Oh wow, I want to hear more about that. I love flakes, but I've known they are controversial, and never really heard why.
You love flakes... keep using them!
The rest is politics.
> The thing is, I'm not actually sure if Guix's better documentation helps smooth the onboarding in any way because you have to already know Scheme, which is a more complex language than Nix.
LMAO absolutely not. Nix-the-language is the worst programming language I've ever had the misfortune to interact with. I picked up Scheme in about 1 day during a class in college. It's night-and-day different.
Nix-the-language is just a subset of Javascript with built-in laziness and a slightly different syntax. An absolute bog-standard and mainstream way of thinking about programs in 2025.
That said, Nix-the-language also suffers from all the same birth defects that manifest themselves in frontend development.
That must be it. The GP's comment really resonated with me, in that learning scheme felt like no task at all whereas I STILL feel uncomfortable with the nix programming language and ecosystem despite using nixOS exclusively on my personal laptop for two years and on my work machine for about half a year now. I've always fumbled over frontend / javascript development though, and avoid it as much as I can at work although I still end up working in it every year or so.
Nix only won out for me because of the mac compatibility, without which I can't really use it at work
I feel the same.
The multi-line strings and string interpolation are both really nice. Unfortunately a lot of the text being munged is bash and usually already ugly, so the result is double-ugly.
The functional aspects are okay. However, as an expression language and being primarily used in a declarative way, it is frequent to have almost no idea what's going on in Nix. Reading the code and understanding the evaluation are extremely far apart.
callPackage... It's something I thought would be cool in a language until I actually experienced the depth of disorientation it can cause.
The remaining syntax has a lot of "but why?" where it just seems to do its own thing relative to other languages, which makes it harder to get into a rhythm.
Some of the subject matter is the real culprit. The cross compiling sliding window thing... I've studied it several times.
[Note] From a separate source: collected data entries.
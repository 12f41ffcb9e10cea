//! Laws of partial results and of groups, with no work to do.

ghost use Rattle.std.specs.Prelude.{◌≡◌, ◌+◌, ◌<◌, ◌^◌, ◌++◌, ℕ, List, length};
ghost use Rattle.lines.specs.Pieces.{AreWholeLines};
ghost use Rattle.lines.specs.declared.pieces.Piece.{Piece};
ghost use Rattle.pool.specs.Totals.{sum_below};
ghost use Rattle.semantics.specs.ResultRows.{rows_before_having};
ghost use Rattle.semantics.specs.Groups.{Record};
ghost use Rattle.semantics.specs.Parts.{contents_over};
ghost use Rattle.query_plan.specs.Planned.{PlannedQuery};
ghost use Rattle.group_tables.specs.Bags.{SameBag};
ghost use Rattle.tables.specs.Contents.{HasContents};
ghost use Rattle.tables.specs.Jobs.{total_of};
ghost use Rattle.tables.specs.Members.{HasEachRecordOnce};
ghost use Rattle.tables.specs.Partials.{DiffersInNotes, GivesGroups, HasOwnIndexes, IsPartialOf, StandsFor, StandsForInput, as_one, both, concatenation, none, of_piece, of_pieces, one_piece, whole_piece};
ghost use Rattle.tables.specs.Pieces.{IndexedPiece, all_lines, indexed_pieces, indexed_pieces_from, piece_at, piece_from, refused_lines_within};
ghost use Rattle.tables.specs.Sound.{IsSoundUnder};
ghost use Rattle.tables.specs.States.{GroupsState, PartialState};

/// A law: the result of some pieces and more pieces is what the results of both come to together.
/// So no thread, round or machine that makes a result of some of the pieces can change that of all.
pub fn pieces_law()
    ensures { (plan : PlannedQuery) (pieces more : List IndexedPiece)
        → of_pieces plan (pieces ++ more) ≡ both (of_pieces plan pieces) (of_pieces plan more) }
{}

/// A law: the results of one query under one schema are a commutative monoid.
pub fn monoid_law()
    ensures closed { (plan : PlannedQuery) (first second : PartialState)
        → IsPartialOf plan first → IsPartialOf plan second → IsPartialOf plan (both first second) }
    ensures unit { (plan : PlannedQuery) (pieces : List IndexedPiece)
        → both (none plan) (of_pieces plan pieces) ≡ of_pieces plan pieces }
    ensures commutative { (plan : PlannedQuery) (xs ys : List IndexedPiece)
        → both (of_pieces plan xs) (of_pieces plan ys) ≡ both (of_pieces plan ys) (of_pieces plan xs) }
    ensures associative { (plan : PlannedQuery) (xs ys zs : List IndexedPiece)
        → both (both (of_pieces plan xs) (of_pieces plan ys)) (of_pieces plan zs)
        ≡ both (of_pieces plan xs) (both (of_pieces plan ys) (of_pieces plan zs)) }
{}

/// A law: pieces come to the same in any other order.
pub fn order_law()
    ensures { (plan : PlannedQuery) (pieces others : List IndexedPiece)
        → SameBag pieces others → of_pieces plan pieces ≡ of_pieces plan others }
{}

/// A law: whatever pieces an input was cut into, no two of them have one index, and its result as
/// one piece is that of the one piece that it is; and so it is with a front, which is whole lines,
/// and the rest behind it.
pub fn one_piece_law()
    ensures own { (plan : PlannedQuery) (partial : PartialState) (input : List ℕ)
        → StandsForInput plan partial input → HasOwnIndexes partial }
    ensures one { (plan : PlannedQuery) (partial : PartialState) (input : List ℕ)
        → StandsForInput plan partial input → StandsFor plan (as_one partial) (one_piece input) }
    ensures behind { (plan : PlannedQuery) (front rest : PartialState) (before after : List ℕ)
        → StandsForInput plan front before → StandsForInput plan rest after → AreWholeLines before
        → StandsFor plan (concatenation front rest) (whole_piece (before ++ after)) }
{}

/// A law: in the same records in any other order a query finds the same: each row of its groups as
/// often. So the rows that a report shows are one list, whatever the order of the records, by
/// `arranged_law` of `report_rows`.
pub fn records_law()
    ensures { (plan : PlannedQuery) (rows others : List Record) → SameBag rows others → SameBag
        (rows_before_having plan.fields plan.query rows) (rows_before_having plan.fields plan.query others) }
{
    group_tables::records_law();
}

/// A law: where groups are those that a query finds in a list of records, each record that WHERE
/// keeps is a member of exactly one row of each grouping set.
pub fn members_law()
    ensures { (plan : PlannedQuery) (groups : GroupsState) (rows : List Record)
        → GivesGroups plan groups rows → HasEachRecordOnce plan groups.found rows }
{
    group_tables::members_law();
}

/// A law: a plan can finish each result of its own over some pieces; so it can what two come to
/// that it can finish, and what is one of these but for its notes.
pub fn sound_law()
    ensures of_pieces { (plan : PlannedQuery) (partial : PartialState)
        → IsPartialOf plan partial → IsSoundUnder plan partial }
    ensures of_both { (plan : PlannedQuery) (first second : PartialState)
        → IsSoundUnder plan first → IsSoundUnder plan second
        → IsSoundUnder plan (both first second) }
    ensures of_notes { (plan : PlannedQuery) (before partial : PartialState)
        → IsSoundUnder plan before → DiffersInNotes before partial → IsSoundUnder plan partial }
{}

/// A law: a result that a plan can finish, and that has the contents of an input, as one piece,
/// stands for the input.
pub fn contents_law()
    ensures { (plan : PlannedQuery) (partial : PartialState) (input : List ℕ)
        → IsSoundUnder plan partial
        → HasContents partial (contents_over plan.fields plan.query input)
        → StandsForInput plan partial input }
{
    group_tables::entries_law();
}

/// A law: what all pieces of a job come to, one after the other, is what they come to; and the
/// weights and the loads of these are the numbers of their refused lines and of their lines.
pub fn job_law()
    ensures whole { (plan : PlannedQuery) (input : List ℕ) (pieces : List Piece)
        → total_of plan (piece_at input pieces) (length pieces)
        ≡ of_pieces plan (indexed_pieces input pieces) }
    // So it is with indexes from a first one on, where none is above the greatest number of 32
    // bits.
    ensures whole_by { (plan : PlannedQuery) (first : ℕ) (input : List ℕ) (pieces : List Piece)
        → first + length pieces < 2 ^ 32 → total_of plan (piece_from first input pieces) (length pieces)
        ≡ of_pieces plan (indexed_pieces_from first input pieces) }
    ensures refused { (plan : PlannedQuery) (input : List ℕ) (pieces : List Piece)
        → sum_below (λ i. (of_piece plan (piece_at input pieces i)).refused) (length pieces)
        ≡ length (refused_lines_within plan.fields (indexed_pieces input pieces)) }
    ensures lines { (plan : PlannedQuery) (input : List ℕ) (pieces : List Piece)
        → sum_below (λ i. (of_piece plan (piece_at input pieces i)).lines) (length pieces)
        ≡ length (all_lines (indexed_pieces input pieces)) }
{}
If I had to actually do something with it, straight to the LLM. Compilers have targets.
Comando gomsss456 scqd game
idlip•3d ago
We see bias with most discussions.
Only cons with Guix I see is, lack of infrastructure and less volunteers to work on guix eco-system. If its solved, I can imagine guix can improve exponentially.
kwk1•3h ago
tempfile•3h ago
kyoji•3h ago
tadfisher•2h ago
opan•1h ago
If you forgo the built-in WiFi, the ThinkPad T440p (Haswell) works fine without any blobs (speaking from experience). I think all newer gens need iGPU blobs, sadly, but I wanted to point out a viable middle ground between modern Nvidia gamerware setups and Librebooted X200s that can barely browse the web.
kwk1•2h ago
Edit: Just to provide a measurement, on my Framework 13 with AMD Ryzen 5 7640U, a `guix pull` which pulled in 1 nonguix commit and 64 guix commits took 2m10s, and a subsequent no-op `guix pull` took 1m18s.
nbf_1995•2h ago
> My goal was to take my Unchartevice laptop with its strange Zhaoxin x86_64-compatible CPU...
> Sure, this is a laptop with a CPU broadly equivalent to old Intel Atom CPUs...
Yes, guix pull is slow, but the author is using some old/exotic hardware. The last time I tried guix on a 5th gen dual core i5, the initial pull was not that slow. And as other commenters have pointed out. The first pull is the slowest by far.
positron26•2h ago
Nix is pathologically recursive, lazy, and uses fixed points, things that are very apt to changing something that cascades through a bunch of dependents. Nix's runtime is not magic. Guile should be able to expose a language and evaluate it in a similar way.
For my part, I've not opted into Guix because it's a GNU project, and I've decided to avoid anything in the FSF sphere of influence. Their orthodoxy turns off contributors and they have a history of taking insular hard-liner approaches that are utopian. Outside of coreutils that are about to be fully subsumed by rewrite-it-in-Rust (which has a community that is not a fan of the GPL), what has had FSF backing and been successful? Linus starts two of the most influential pieces of software in human civilization and RMS wants to name the awards. The pragmatic culture that shifted away from the FSF has I think largely adopted Nix, and it shows. Nix is open for business, available on lots of platforms, has commercial entities built around its success.
kwk1•2h ago
pmarreck•1h ago
bheadmaster•1h ago
GCC is still indispensable. I doubt it will be rewritten in Rust any time soon.
positron26•35m ago
davexunit•1h ago
davexunit•1h ago
msgilligan•1h ago
The article focuses on a comparison between GUIX _system_ and NixOS. It would be interesting to see an equally thoughtful comparison that just focuses on GUIX vs. NIX as package managers used on another Linux distribution (e.g. Debian.)
In this case, GUIX might fare better as you won't have to worry about the complexities introduced by binary blobs needed for boot, etc.